Virtual cancer institute proposed by Committee draft report 

As highlighted last Friday, the draft report from the European Parliament’s special cancer committee was made available last week.  Presently, this will be open to amendment from European politicians. 

One additional aspect which was included in the report was the proposal of creation of a “virtual European Cancer Institute” was made public today (29 June).  EAPM supports this. 

As discussed last week, the report, authored by France’s MEP Véronique Trillet-Lenoir (Renew Europe), reiterates many of the points and concerns raised in the Commission’s Beating Cancer Plan.

In the report, which aims at strengthening the EU’s response to the disease, Trillet-Lenoir suggests the creation of a virtual cancer institute. The aim of the organization would be to create a road map to co-ordinate “large-scale prevention campaigns and effective communication campaigns on health promotion in educational programmes.” 

The planned institute would also be responsible for connecting and helping to implement many of the elements introduced by the Commission Cancer Plan. For example, it could host the planned Knowledge Centre on Cancer. It could also help create best practices between European Reference Networks and Comprehensive cancer centers. The institute could also help with “identifying research priorities and possibly enable the development of a coordinated and efficient cancer research force in Europe.” 

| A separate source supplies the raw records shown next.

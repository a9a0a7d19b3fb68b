//! The words of a command line, the administrator's orders, exit statuses and messages. It knows of no
//! service, and so is proved beside those that answer.
//!
//! The crate above relies on `read_words`, which gives the task that the words spell and refuses words
//! only as stated, and on `Failure`, with its status and text, behind which `say_at` says what is wrong with
//! a path or an address.
#![tactic(auto)]

pub mod beside;
pub mod cause;
pub mod failure;
pub mod given;
pub mod layout;
pub mod limits;
pub mod line;
pub mod listing;
pub mod options;
pub mod orders;
pub mod output;
pub mod place;
pub mod served;
mod settings;
pub mod tasks;
pub mod tokens;
pub mod unread;

pub use beside::Beside;
pub use cause::Cause;
pub use failure::Failure;
pub use layout::Layout;
pub use limits::Limits;
pub use listing::{Form, Held, Listing, Shown};
pub use orders::{Change, Order, TokenOrder, read_order};
pub use place::Place;
pub use served::Served;
pub use tasks::Task;
pub use tokens::{TokenSource, read_token};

Of course and as ever, the issue of budgeting is also tackled in the report with a call to member countries to put aside enough money to implement the Commission’s plan, as well as their own national-level cancer plans. “No more than 30 [percent] of Europe’s Beating Cancer Plan should be allocated to the implementation of the [National Cancer Control Programs]”.  A limited budget of €4 billion is set aside at the pan-EU level. 

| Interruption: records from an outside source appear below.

impl Connections {
    ghost use Rattle.registry_conversation.specs.Shown.{coming_len, wants_of};
    ghost use Rattle.registry_conversation.specs.Receiving.{ActsOn};
    ghost use Rattle.registry_outbox.specs.Outboxes.{outgoing_text};
    ghost use Rattle.registry_server.specs.Open.{none, FoundAt, conversation_of, outgoing_of, held_of, Opens, Refuses, Changes, Closes, TakesTurn, IfOpen, IfResting, with_slots, hears, sends, Finishes, Sends};
    ghost use Rattle.registry_server.specs.Room.{going_sum, IsReceived};
    ghost use Rattle.registry_server.specs.Events.{Leads, Carries};
    ghost use Rattle.registry_server.specs.Showing.{connected};
    ghost use Rattle.registry_server.specs.Lives.{alive_at, sent_by, life_of};
    ghost use Rattle.registry_server.specs.Lives.{LivesBut, LivesOn, LivesThrough};
    ghost use Rattle.registry_server.specs.TurnTelling.{TellsTurn};

    /// No connection; they may take so much together, and these are the settings of all. The time is 0. It
    /// fails only for want of memory.
    pub fn new(alloc: Global, settings: Settings, bounds: Bounds) -> Result<Connections, AllocError>
        ensures none { IfOk result (λ connections. connected connections ≡ none settings bounds) }
        ensures time { IfOk result (λ connections. connections.time ≡ 0) }
    {
        let fields = FieldRoom::new(alloc)?;
        Ok(Connections {
            connections: Vec::new(alloc),
            next: 0,
            bounds,
            settings,
            time: 0,
            fields,
            sums: Sums { over: 0, going: 0 },
            resting: 0,
            oldest: 0,
            looked: 0,
            gone: Vec::new(alloc),
            waiting: Waiting::new(alloc),
        })
    }

    /// A connection came. Answers its number, which no connection had before. Where it is refused nothing
    /// has changed. That it came is a sign of life.
    pub fn open(&mut self, alloc: Global) -> Result<u64, Refusal>
        ensures opens { IfOk result (λ number. Opens number (connected self.old) (connected self.new)) }
        ensures begins { IfOk result (λ number.
            LivesBut number (Some (alive_at self.old.time)) self.old self.new) }
        ensures refuses { IfErr result (λ refusal. Refuses refusal (connected self.old)
            × (connected self.new ≡ connected self.old)) }
        ensures lives { IfErr result (λ refusal. LivesOn self.old self.new) }
        ensures leads { Carries (connected self.old) (connected self.new) }
    {
        if self.connections.len() >= self.bounds.at_once {
            return Err(Refusal::Full);
        }
        if self.next == u64::MAX {
            return Err(Refusal::NoNumber);
        }
        let Ok(conversation) = Box::new(alloc, Receiver::new(alloc)) else {
            return Err(Refusal::Memory);
        };
        let Ok(()) = self.gone.reserve(self.connections.len() + 1) else {
            return Err(Refusal::Memory);
        };
        let Ok(()) = self.waiting.reserve(self.connections.len() + 1) else {
            return Err(Refusal::Memory);
        };
        let number = self.next;
        let connection = Connection {
            number,
            conversation,
            stirred: false,
            life: Life::at(self.time),
        };
        let Ok(()) = self.connections.push(connection) else {
            return Err(Refusal::Memory);
        };
        self.next = number + 1;
        Ok(number)
    }

    /// Where the connection of this number stands.
    pub(crate) fn place_of(&self, number: u64) -> Option<usize>
        ensures found { IfSome result (λ at. FoundAt number at (connected self.now).slots) }
        ensures none { IfNone result (conversation_of number (connected self.now).slots ≡ None) }
    {
        find(&self.connections, number)
    }

    /// The connection of this number.
    pub(crate) fn under(&self, number: u64) -> Option<&Connection>
        ensures shown { option_map (λ c. (slot_of c.now).conversation) result
            ≡ conversation_of number (connected self.now).slots }
        ensures life { option_map (λ c. c.now.life) result ≡ life_of number self.now }
    {
        let at = self.place_of(number)?;
        Some(&self.connections[at])
    }

    /// These bytes came on a connection, as `Receiver::receive` takes them, if there is room for them:
    /// they are no more than `room` says. Where they are not taken nothing has changed.
    pub fn receive(&mut self, number: u64, bytes: &[u8]) -> Receipt
        ensures receives { IsReceived result number bytes.now (connected self.old) (connected self.new) }
        ensures lives { LivesThrough result number bytes.now self.old self.new }
        ensures leads { Carries (connected self.old) (connected self.new) }
    {
        let room = self.room(number);
        match self.place_of(number) {
            Some(at) => {
                if bytes.len() > room {
                    return Receipt::NoRoom;
                }
                self.connections[at].receive(bytes, self.time, &mut self.sums);
                self.resting = self.resting.min(at);
                Receipt::Taken
            }
            None => Receipt::NotOpen,
        }
    }

    /// A connection's input has ended. Says whether it is open.
    pub fn finish(&mut self, number: u64) -> bool
        ensures finishes { IfOpen result number (Changes number Finishes hears)
            (connected self.old) (connected self.new) }
        ensures lives { LivesOn self.old self.new }
        ensures leads { Carries (connected self.old) (connected self.new) }
    {
        match self.place_of(number) {
            Some(at) => {
                self.connections[at].finish();
                self.resting = self.resting.min(at);
                true
            }
            None => false,
        }
    }

    /// The bytes that are to go out on a connection; none where it is not open.
    pub fn outgoing(&self, number: u64) -> Outgoing<'_>
        ensures { outgoing_text result ≡ outgoing_of number (connected self.now).slots }
    {
        match self.under(number) {
            Some(connection) => connection.conversation.outgoing(),
            None => Outgoing {
                head: &[],
                body: &[],
            },
        }
    }

    /// So many of the bytes that were to go out on a connection went. Says whether it is open. The last byte
    /// of a reply is a sign of life.
    pub fn sent(&mut self, number: u64, count: usize) -> bool
        requires { count ≤ length (outgoing_of number (connected self.old).slots) }
        ensures sends { IfOpen result number (Changes number (Sends count) (sends count))
            (connected self.old) (connected self.new) }
        ensures lives { LivesBut number (option_map
            (sent_by count (length (outgoing_of number (connected self.new).slots) == 0) self.old.time)
            (life_of number self.old)) self.old self.new }
        ensures leads { Carries (connected self.old) (connected self.new) }
    {
        match self.place_of(number) {
            Some(at) => {
                self.connections[at].sent(count, self.time, &mut self.sums);
                self.resting = self.resting.min(at);
                true
            }
            None => false,
        }
    }

    /// What a connection waits for, once it has no turn to take; `None` where it is not open.
    pub fn wants(&self, number: u64) -> Option<Wants>
        ensures { result ≡ option_map wants_of (conversation_of number (connected self.now).slots) }
    {
        match self.under(number) {
            Some(connection) => Some(connection.conversation.wants()),
            None => None,
        }
    }

    /// The request in hand on a connection, or else the one that was answered last, as a log tells it; none
    /// where it is not open. No contract speaks of it.
    pub fn exchange(&self, number: u64) -> Option<&Exchange> {
        match self.under(number) {
            Some(connection) => Some(connection.conversation.exchange()),
            None => None,
        }
    }

    /// How many bytes a connection holds, as `Receiver::held` has it; 0 where it is not open.
    pub fn held(&self, number: u64) -> usize
        ensures { result ≡ held_of number (connected self.now).slots }
    {
        match self.under(number) {
            Some(connection) => connection.conversation.held(),
            None => 0,
        }
    }

    /// Gives back the room of a connection that holds nothing, as `Receiver::give_back` does.
    pub fn give_back(&mut self, alloc: Global, number: u64)
        ensures same { connected self.new ≡ connected self.old }
        ensures lives { LivesOn self.old self.new }
    {
        if let Some(at) = self.place_of(number) {
            self.connections[at].give_back(alloc);
        }
    }

    /// A connection is gone: what was held of it is let go, and nothing of it is answered any more. What is
    /// staged of its body in hand is let go by `let_go`. Says whether it was open.
    pub fn close(&mut self, number: u64) -> bool
        ensures closes { IfOpen result number (Closes number) (connected self.old) (connected self.new) }
        ensures lives { LivesBut number None self.old self.new }
        ensures leads { Carries (connected self.old) (connected self.new) }
    {
        match self.place_of(number) {
            Some(at) => {
                let gone = self.connections.remove(at);
                // (there is room for it since it came)
                let _ = self.gone.push(number);
                self.waiting.remove(number);
                self.sums.take(&gone.conversation);
                self.resting = self.resting.saturating_sub(1);
                self.oldest = oldest_without(
                    &self.connections,
                    gone.life.since,
                    self.oldest,
                    self.time,
                );
                true
            }
            None => false,
        }
    }

    /// Closes a connection that rests, so that another one may come in its place: nothing came on it that is
    /// not answered, and nothing is to go out. Says whether it was closed. Where it holds anything, or is not
    /// open, nothing has changed.
    pub fn close_resting(&mut self, number: u64) -> bool
        ensures closes { IfResting result number (connected self.old) (connected self.new) }
        ensures lives { LivesBut number (if result then None else life_of number self.old)
            self.old self.new }
        ensures leads { Carries (connected self.old) (connected self.new) }
    {
        match self.under(number) {
            Some(connection) => {
                if connection.conversation.held() > 0 {
                    return false;
                }
                self.close(number)
            }
            None => false,
        }
    }

    /// Whether there is room for a reply: those that wait to go out have fewer bytes than are the bound.
    pub fn has_room_for_reply(&self) -> bool
        ensures { IsTrue result ↔ (going_sum (connected self.now).slots < (connected self.now).bounds.going) }
    {
        self.sums.going < self.bounds.going as u128
    }

    /// One connection takes one turn, as `Receiver::answer_next` does: the first that is to be looked
    /// at, which goes behind all others. None takes one where nothing came for any that it has not
    /// answered yet, nor where the replies that wait to go out are as many bytes as may.
    ///
    /// A connection that waited for more bytes is not looked at again before something comes for it, and one
    /// that answered not before its reply has gone out: so none holds more than one reply. What is told of a
    /// turn is told of the request that it answered or refused, and of no other.
    pub fn turn<K: Holder>(&mut self, alloc: Global, service: &mut Service<K>) -> Option<Turn>
        ensures honest { K.is_honest service.new → K.is_honest service.old }
        ensures takes { IfSome result (λ turn. TakesTurn turn.number turn.step
            (λ c c'. (K.is_honest service.new
            → ActsOn (connected self.old).settings turn.step turn.number c (K.kept service.old)
            c' (K.kept service.new))
            × (coming_len c' ≤ coming_len c))
            (connected self.old).slots (connected self.new).slots
            × (connected self.new ≡ with_slots (connected self.old) (connected self.new).slots)
            × (going_sum (connected self.old).slots < (connected self.old).bounds.going)) }
        ensures idle { IfNone result ((connected self.new ≡ connected self.old) × (service.new ≡ service.old)
            × (All (λ s. s.stirred ≡ false) (connected self.old).slots
            ⊎ ((connected self.old).bounds.going ≤ going_sum (connected self.old).slots))) }
        ensures tells { K.is_honest service.new → IfSome result (λ turn.
            TellsTurn turn.number turn.step turn.report (connected self.old) (K.kept service.old)
            (connected self.new) (K.kept service.new)) }
        ensures lives { LivesOn self.old self.new }
        ensures leads { K.is_honest service.new → Leads (connected self.old) (K.kept service.old)
            (connected self.new) (K.kept service.new) }
    {
        if !self.has_room_for_reply() {
            return None;
        }
        let Some(at) = find_stirred(&self.connections, self.resting) else {
            self.resting = self.connections.len();
            return None;
        };
        let turn = self.connections[at].answer_next(
            alloc,
            service,
            self.settings,
            &mut self.fields,
            &mut self.sums,
            &mut self.waiting,
        );
        to_back(&mut self.connections, at);
        self.resting = at;
        Some(turn)
    }
}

Parliament's health committee OKs mandate change for infectious disease agency

The European Parliament’s health committee voted today (29 June) in favour of bolstering the mandate of the European Centre for Disease Prevention and Control (ECDC). Sixty-seven MEPs voted in favour, eight against and one abstained, according to the health committee press service. 

Rights and wrongs during pandemic

Commission Vice President Margaritis Schinas spoke to MEPs in the health committee on Monday (28 June), detailing the Commission’s COVID-19 lessons learned document, concerning the rights and wrongs during the pandemic’s past 16 months. The overall lesson? The EU has “not taken health preparedness seriously enough before the pandemic”, Schinas said. 

Schinas didn’t hold back when he said the EU’s early response was “fragmented, ad hoc, temporary,” and measures “were patchy and unco-ordinated” at the EU level. He reminded MEPs of the export bans and personal protective equipment fights colouring the early days of the pandemic, which were an embarrassment for the EU. 

Schinas used the lessons learned to push for more health coordination at the EU level, arguing that only someone with “ill faith … would challenge” that things were better when countries worked together. Schinas drew a parallel to the 2008 financial crisis, which prompted the EU to establish the “banking union”, saying: “There again the EU action was decisive.” 10 different proposals in the lessons learned would help establish a similar health union.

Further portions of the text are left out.